In turn, property owners such as Burke say the buses are battering property values further. However, Barrabee points out that "(the bus depot) was already part of the property value" when many purchased homes in the area. Still, even the most astute real estate prognosticator could hardly have prophesized the Burke's current predicament back in 1992. Who then knew that 120 buses would eventually be rerouted onto to Roger Road, creating a torturous parade day-in, day-out?

Barrabee says he's not oblivious to the resulting aesthetic and health concerns. "Obviously, a bus barn isn't desirable in a neighborhood," he says. "But we've tried to determine whether it's an obvious health hazard, and it isn't." Aho says the district did have an outside company perform air quality tests, "and we we're well inside Pima County guidelines" set to federal standards.

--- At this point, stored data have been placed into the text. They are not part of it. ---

//! The generator over a folder: a grammar file in, its table and its report out.

ghost use Rattle.std.specs.Prelude.{◌≡◌, true, not, IfErr, IfOk, OnOk, string_bytes};
ghost use Rattle.ylalr.specs.Collection.{Guide, IsGuide};
ghost use Rattle.ylink.specs.Link.{device_of, has_failed};
ghost use Rattle.ylink.specs.Sends.{Grows};
ghost use Rattle.ygenerate.specs.Written.{text_of, Takes, OpenFails, Writes, FillsBy, WriteFails};
ghost use Rattle.ygenerate.specs.Written.{WritesAll, AllFail, Generated, ending_of, path_of};

use crate::source::{SourceFault, tables_from};
use std::alloc::{AllocError, Global};
use std::io::{ErrorKind, Write};
use thiserror::Error;
use yfolder::Folder;
use ylink::{Buffer, Buffered};
use ytables::{Counts, Link, Tables};

/// The texts that can be written of a grammar.
#[derive(Clone, Copy, Debug, PartialEq, Eq)]
pub enum Text {
    /// The table.
    Table,
    /// The report.
    Report,
}

impl Text {
    /// What follows the prefix in the name of its file (POSIX yacc, "Output Files").
    pub fn ending(self) -> &'static str
        ensures { result.now ≡ ending_of self }
    {
        match self {
            Text::Table => ".tab",
            Text::Report => ".output",
        }
    }
}

/// Why not all that is wanted of a grammar was written.
#[derive(Debug, Drop, Error)]
pub enum GenerateFault {
    /// There are no tables of the grammar.
    #[error("{0}")]
    Source(SourceFault),
    /// The file of this text can't be opened.
    #[error("cannot open what is to be written")]
    Unopened(Text),
    /// Memory ran out before the file of this text was opened.
    #[error("no memory")]
    NoRoom(Text),
    /// A call of the file of this text failed.
    #[error("write fault")]
    Unwritten(Text),
}

/// The path of the file of a text.
fn path_of(alloc: Global, prefix: &str, text: Text) -> Result<String, AllocError>
    ensures { IfOk result (λ path. string_bytes path ≡ path_of prefix.now text) }
{
    let mut path = String::new(alloc);
    path.push_str(prefix)?;
    path.push_str(text.ending())?;
    Ok(path)
}

/// Opens the file of a text.
fn open_text<D: Folder>(
    alloc: Global,
    folder: &mut D,
    prefix: &str,
    text: Text,
) -> Result<D::File, GenerateFault>
    ensures opened { IfOk result (λ file.
        D.opens folder.old (path_of prefix.now text) file folder.new) }
    ensures fails { IfErr result
        (OpenFails D.unwritable (path_of prefix.now text) text folder.old folder.new) }
{
    let Ok(path) = path_of(alloc, prefix, text) else {
        return Err(GenerateFault::NoRoom(text));
    };
    match folder.open(path.as_str()) {
        Ok(file) => Ok(file),
        Err(error) => match error.kind() {
            ErrorKind::OutOfMemory => Err(GenerateFault::NoRoom(text)),
            _ => Err(GenerateFault::Unopened(text)),
        },
    }
}

/// Writes a text; whether the link took all of it.
fn put_text<W: Write>(tables: &Tables, text: Text, link: &mut Link<W>) -> bool
    ensures text { (u : Guide) → IsGuide tables.now.built u
        → Grows (W.contents (device_of link.old)) (W.contents (device_of link.new)) result
        (text_of tables.now u text) }
    ensures failed { has_failed link.new ≡ not result }
{
    match text {
        Text::Table => tables.write_table(link).is_ok(),
        Text::Report => tables.write_report(link).is_ok(),
    }
}

/// Writes a text to a file, through a buffer, which is then empty: the link to the file, whose flag
/// says whether a call of it failed.
fn send<W: Write + Drop>(tables: &Tables, text: Text, buffer: Buffer, file: W) -> Link<W>
    ensures { (u : Guide) → IsGuide tables.now.built u
        → Takes (W.contents file) (W.contents (device_of result)) (has_failed result)
        (text_of tables.now u text) }
{
    let mut link = Link::new(Buffered::over(buffer, file));
    let _whole = put_text(tables, text, &mut link);
    link.finish()
}

/// Writes a text to the file that was opened for it, flushes the file and closes it.
fn write_file<D: Folder>(
    tables: &Tables,
    text: Text,
    folder: &mut D,
    buffer: Buffer,
    file: D::File,
) -> Result<(), GenerateFault>
    ensures { FillsBy D.closes D.File.contents tables.now text file folder.old folder.new result }
{
    let link = send(tables, text, buffer, file);
    if folder.close(link) {
        Ok(())
    } else {
        Err(GenerateFault::Unwritten(text))
    }
}

/// Opens the file of a text and writes it. The memory of the buffer is asked for before the file is
/// opened.
fn write_text<D: Folder>(
    alloc: Global,
    tables: &Tables,
    text: Text,
    folder: &mut D,
    prefix: &str,
) -> Result<(), GenerateFault>
    ensures wrote { OnOk result (Writes D.opens D.closes D.File.contents
        (path_of prefix.now text) tables.now text true folder.old folder.new) }
    ensures fails { IfErr result (WriteFails D.opens D.closes D.File.contents D.unwritable
        prefix.now tables.now text folder.old folder.new) }
{
    let Ok(buffer) = Buffer::new(alloc) else {
        return Err(GenerateFault::NoRoom(text));
    };
    match open_text(alloc, folder, prefix, text) {
        Ok(file) => write_file(tables, text, folder, buffer, file),
        Err(fault) => Err(fault),
    }
}

/// Writes the table, and then the report where it is wanted.
fn write_texts<D: Folder>(
    alloc: Global,
    tables: &Tables,
    folder: &mut D,
    prefix: &str,
    verbose: bool,
) -> Result<(), GenerateFault>
    ensures wrote { OnOk result (WritesAll D.opens D.closes D.File.contents prefix.now tables.now
        verbose folder.old folder.new) }
    ensures fails { IfErr result (AllFail D.opens D.closes D.File.contents D.unwritable prefix.now
        tables.now verbose folder.old folder.new) }
{
    match write_text(alloc, tables, Text::Table, folder, prefix) {
        Ok(()) if verbose => write_text(alloc, tables, Text::Report, folder, prefix),
        written => written,
    }
}

/// Generates from a grammar file: reads it, writes its table, and then its report where that is
/// wanted (`verbose`), to the files of this prefix. The answer counts the conflicts of all cells.
///
/// Each file is opened once at most, takes its text and nothing else, is flushed and closed; where a
/// call of it failed, it has taken no more than a beginning. Nothing is opened to be written before
/// there are tables, and the report is opened only after the table was written.
pub fn generate<D: Folder>(
    alloc: Global,
    folder: &mut D,
    grammar: &str,
    prefix: &str,
    verbose: bool,
) -> Result<Counts, GenerateFault>
    ensures { Generated D.reads D.unreadable D.opens D.unwritable D.closes D.File.contents
        grammar.now prefix.now verbose folder.old folder.new result }
{
    let tables = match tables_from(alloc, folder, grammar) {
        Ok(tables) => tables,
        Err(fault) => return Err(GenerateFault::Source(fault)),
    };
    let written = write_texts(alloc, &tables, folder, prefix, verbose);
    let counts = tables.conflicts();
    drop(tables);
    match written {
        Ok(()) => Ok(counts),
        Err(fault) => Err(fault),
    }
}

That's rather cold comfort, according to Janice Nolen, director of national policy for the American Lung Association in Washington, D.C. "Just being within the federal guidelines is not necessarily such a good thing," she says, pointing out that EPA limits for short-term diesel smoke "are much too high. They're not really protective of public health.

"Diesel smoke is the source of particulate pollution. Particulate pollution has been linked to the triggering heart attacks and other diseases, and to the shortening of life."

Then again, maybe that's exactly what Amphi has in mind, says Nicholas Burke. And he's only half-joking. "I get the feeling they're just waiting for us all to die, and then they won't have to do anything," he smirks, amidst the acrid scent of endless rolling buses.